[Dataset entries]
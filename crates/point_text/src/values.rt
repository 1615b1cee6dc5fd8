//! The values that the lines of a solution give to names.

ghost use Rattle.std.specs.Prelude.{◌≡◌, ◌<◌, ℕ, length, map, replicate, All, List, [], IfOk, Some, None, unwrap_or, if◌then◌else◌};
ghost use Rattle.std.specs.Result.{result_map_both};
ghost use Rattle.std.specs.Str.{bytes_eq};
ghost use Rattle.fractions.specs.Number.{zero_ℚ};
ghost use Rattle.names.specs.Names.{place};
ghost use Rattle.point_text.specs.SolutionLines.{Line, Gives, text_line};
ghost use Rattle.point_text.specs.Faults.{number_result};
ghost use Rattle.point_text.specs.Holding.{held, IsTableOf, Holds, Took};

use crate::faults::SolFaultKind;
use crate::solution_lines::SolutionLine;
use exact_numbers::{Exact, Numbers};
use exact_texts::Textual;
use lp_model::Labels;
use names::Names;
use number_texts::ReadNumber;
use std::alloc::{AllocError, Global};

/// The names of columns or of rows, each once, and for each of them the value that a line gave to it.
#[derive(Drop)]
pub struct Values<T> {
    pub table: Names,
    pub numbers: Vec<Option<T>>,
}

/// The number that a text means, or the fault of its line. Fails where memory runs out.
fn number_of<T: Textual>(alloc: Global, text: &[u8]) -> Result<Result<T, SolFaultKind>, AllocError>
    ensures { IfOk result (λ read. result_map_both T.number (λ kind. kind) read ≡ number_result (T.texts.reading text.now)) }
{
    match T::read(alloc, text)? {
        Ok(number) => Ok(Ok(number)),
        Err(ReadNumber::NumberPast) => Ok(Err(SolFaultKind::NumberPast)),
        Err(ReadNumber::NotNumber) => Ok(Err(SolFaultKind::BadNumber)),
    }
}

/// A table of the columns' names. Fails where memory runs out.
fn column_table<L: Labels>(alloc: Global, labels: &L) -> Result<Names, AllocError>
    ensures { IfOk result (λ table. IsTableOf (L.column_names labels.now) table) }
{
    let mut table = Names::new(alloc);
    for id in 0..labels.column_count() {
        table.insert(alloc, labels.column_name(id).as_bytes())?;
    }
    Ok(table)
}

/// A table of the rows' names. Fails where memory runs out.
fn row_table<L: Labels>(alloc: Global, labels: &L) -> Result<Names, AllocError>
    ensures { IfOk result (λ table. IsTableOf (L.row_names labels.now) table) }
{
    let mut table = Names::new(alloc);
    for id in 0..labels.row_count() {
        table.insert(alloc, labels.row_name(id).as_bytes())?;
    }
    Ok(table)
}

/// No number at each of so many places. Fails where memory runs out.
fn no_numbers<T: Drop>(alloc: Global, count: usize) -> Result<Vec<Option<T>>, AllocError>
    ensures { IfOk result (λ numbers. numbers.items ≡ replicate count None) }
{
    let mut numbers = Vec::with_capacity(alloc, count)?;
    for i in 0..count {
        numbers.push(None)?;
    }
    Ok(numbers)
}

/// A number once more. Fails where memory runs out.
fn copy_of<T: Exact>(alloc: Global, number: &T) -> Result<T, AllocError>
    ensures value { IfOk result (λ r. T.number r ≡ T.number number.now) }
    ensures kept { IfOk result (λ r. T.room.number (T.number r)) }
{
    match number.copied(alloc) {
        Ok(copy) => Ok(copy),
        Err(_) => Err(AllocError),
    }
}

impl<T: Textual> Values<T> {
    /// The columns' names, none with a value. Fails where memory runs out.
    pub fn new<L: Labels>(alloc: Global, labels: &L) -> Result<Values<T>, AllocError>
        ensures len { IfOk result (λ values. length values.numbers.items ≡ length values.table) }
        ensures holds { IfOk result (λ values. Holds T.texts.reading [] (held T.number values)) }
        ensures table { IfOk result (λ values. IsTableOf (L.column_names labels.now) values.table) }
    {
        let table = column_table(alloc, labels)?;
        let numbers = no_numbers(alloc, table.len())?;
        Ok(Values { table, numbers })
    }

    /// The rows' names, none with a value. Fails where memory runs out.
    pub fn of_rows<L: Labels>(alloc: Global, labels: &L) -> Result<Values<T>, AllocError>
        ensures len { IfOk result (λ values. length values.numbers.items ≡ length values.table) }
        ensures holds { IfOk result (λ values. Holds T.texts.reading [] (held T.number values)) }
        ensures table { IfOk result (λ values. IsTableOf (L.row_names labels.now) values.table) }
    {
        let table = row_table(alloc, labels)?;
        let numbers = no_numbers(alloc, table.len())?;
        Ok(Values { table, numbers })
    }

    /// Gives a number to the name at a place of the table.
    fn put(&mut self, name: &[u8], id: usize, number: T)
        requires len { length self.old.numbers.items ≡ length self.old.table }
        requires within { id < length self.old.table }
        requires named { place name.now self.old.table ≡ Some id }
        ensures held { (other : List ℕ) → held T.number self.new other ≡ (if bytes_eq name.now other then Some (T.number number) else held T.number self.old other) }
        ensures len { length self.new.numbers.items ≡ length self.new.table }
        ensures table { self.new.table ≡ self.old.table }
    {
        self.numbers[id] = Some(number);
    }

    /// Takes in a number by a name, or says the first fault by number. Fails where memory runs out.
    fn give(
        &mut self,
        alloc: Global,
        name: &[u8],
        text: &[u8],
    ) -> Result<Result<(), SolFaultKind>, AllocError>
        requires { length self.old.numbers.items ≡ length self.old.table }
        ensures took { IfOk result (λ done. (before : List Line) → Holds T.texts.reading before (held T.number self.old) → Took T.texts.reading self.old.table before (Gives name.now text.now) done (held T.number self.new)) }
        ensures len { length self.new.numbers.items ≡ length self.new.table }
        ensures table { self.new.table ≡ self.old.table }
    {
        let Some(id) = self.table.find(name) else {
            return Ok(Err(SolFaultKind::UnknownName));
        };
        if self.numbers[id].is_some() {
            return Ok(Err(SolFaultKind::TwiceNamed));
        }
        match number_of(alloc, text)? {
            Ok(number) => {
                self.put(name, id, number);
                Ok(Ok(()))
            }
            Err(kind) => Ok(Err(kind)),
        }
    }

    /// Takes in a line, or says its first fault by number. Fails where memory runs out.
    pub fn take_line(
        &mut self,
        alloc: Global,
        line: SolutionLine<'_>,
    ) -> Result<Result<(), SolFaultKind>, AllocError>
        requires { length self.old.numbers.items ≡ length self.old.table }
        ensures took { IfOk result (λ done. (before : List Line) → Holds T.texts.reading before (held T.number self.old) → Took T.texts.reading self.old.table before (text_line line.entry) done (held T.number self.new)) }
        ensures len { length self.new.numbers.items ≡ length self.new.table }
        ensures table { self.new.table ≡ self.old.table }
    {
        match line {
            SolutionLine::Silent => Ok(Ok(())),
            SolutionLine::Gives { name, number } => self.give(alloc, name, number),
            SolutionLine::Odd => Ok(Err(SolFaultKind::BadLine)),
        }
    }

    /// The value of a name, 0 where no line gave one to it. Fails where memory runs out.
    fn value(&self, alloc: Global, name: &[u8]) -> Result<T, AllocError>
        requires { length self.now.numbers.items ≡ length self.now.table }
        ensures value { IfOk result (λ r. T.number r ≡ unwrap_or (held T.number self.now name.now) zero_ℚ) }
        ensures kept { IfOk result (λ r. T.room.number (T.number r)) }
    {
        let Some(id) = self.table.find(name) else {
            return Ok(T::zero());
        };
        match &self.numbers[id] {
            Some(number) => copy_of(alloc, number),
            None => Ok(T::zero()),
        }
    }

    /// The value of each column. Fails where memory runs out.
    pub fn point<L: Labels>(&self, alloc: Global, labels: &L) -> Result<Numbers<T>, AllocError>
        requires { length self.now.numbers.items ≡ length self.now.table }
        ensures values { IfOk result (λ point. point ≡ map (λ name. unwrap_or (held T.number self.now name) zero_ℚ) (L.column_names labels.now)) }
        ensures kept { IfOk result (λ point. All T.room.number point) }
    {
        let mut values = Vec::new(alloc);
        for id in 0..labels.column_count() {
            values.push(self.value(alloc, labels.column_name(id).as_bytes())?)?;
        }
        Ok(Numbers::of(values))
    }

    /// The dual of each row. Fails where memory runs out.
    pub fn duals<L: Labels>(&self, alloc: Global, labels: &L) -> Result<Numbers<T>, AllocError>
        requires { length self.now.numbers.items ≡ length self.now.table }
        ensures values { IfOk result (λ duals. duals ≡ map (λ name. unwrap_or (held T.number self.now name) zero_ℚ) (L.row_names labels.now)) }
        ensures kept { IfOk result (λ duals. All T.room.number duals) }
    {
        let mut values = Vec::new(alloc);
        for id in 0..labels.row_count() {
            values.push(self.value(alloc, labels.row_name(id).as_bytes())?)?;
        }
        Ok(Numbers::of(values))
    }
}
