//! The writing of a solution with duals.

ghost use Rattle.std.specs.Prelude.{◌≡◌, ◌++◌, length, map, IfOk, IfSome, OnOk};
ghost use Rattle.point_text.specs.SolutionText.{solution_text_by};
ghost use Rattle.point_text.specs.PairText.{duals_line, pair_text, pair_text_by};

use crate::pairs::PairOf;
use crate::writing::{push_line, write_values};
use exact_texts::Textual;
use lp_model::{Labels, Pair};
use std::alloc::{AllocError, Global};

/// Appends the line of the duals, and each row with its dual.
fn push_duals<T: Textual, L: Labels>(
    alloc: Global,
    out: &mut Vec<u8>,
    labels: &L,
    duals: &[T],
) -> Result<(), AllocError>
    requires { length duals.now ≡ length (L.row_names labels.now) }
    ensures { OnOk result (out.new.items ≡ out.old.items ++ (duals_line ++ solution_text_by T.texts.writing (L.row_names labels.now) (map T.number duals.now))) }
{
    out.extend_from_slice(b"=duals=\n")?;
    for id in 0..duals.len() {
        push_line(alloc, out, labels.row_name(id).as_bytes(), &duals[id])?;
    }
    Ok(())
}

/// The text of a point with its duals, if there are any: for each column, by id, a line with its
/// name, a space and its value; then a line `=duals=`, and the same for each row with its dual.
///
/// # Errors
/// Where memory is short.
pub fn write_pair_of<T: Textual, L: Labels>(
    alloc: Global,
    labels: &L,
    pair: &PairOf<T>,
) -> Result<Vec<u8>, AllocError>
    requires point { length pair.now.point ≡ length (L.column_names labels.now) }
    requires duals { IfSome pair.now.duals (λ duals. length duals ≡ length (L.row_names labels.now)) }
    ensures { IfOk result (λ text. text.items ≡ pair_text_by T.texts.writing (L.column_names labels.now) (L.row_names labels.now) pair.now.point pair.now.duals) }
{
    let mut out = write_values(alloc, labels, pair.point.as_slice())?;
    if let Some(duals) = &pair.duals {
        push_duals(alloc, &mut out, labels, duals.as_slice())?;
    }
    Ok(out)
}

/// The text of a point with its duals, if there are any: for each column, by id, a line with its
/// name, a space and its value; then a line `=duals=`, and the same for each row with its dual.
///
/// # Errors
/// Where memory is short.
pub fn write_pair<L: Labels>(alloc: Global, labels: &L, pair: &Pair) -> Result<Vec<u8>, AllocError>
    requires point { length pair.now.point ≡ length (L.column_names labels.now) }
    requires duals { IfSome pair.now.duals (λ duals. length duals ≡ length (L.row_names labels.now)) }
    ensures { IfOk result (λ text. text.items ≡ pair_text (L.column_names labels.now) (L.row_names labels.now) pair.now.point pair.now.duals) }
{
    let mut out = write_values(alloc, labels, pair.point.as_slice())?;
    if let Some(duals) = &pair.duals {
        push_duals(alloc, &mut out, labels, duals.as_slice())?;
    }
    Ok(out)
}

» **The problem**
Copy out each line of the data where the string "that" appears.

» **Output of the exercise**
//! The values that the lines of a solution give to names.
/// The names of columns or of rows, each once, and for each of them the value that a line gave to it.
/// The number that a text means, or the fault of its line. Fails where memory runs out.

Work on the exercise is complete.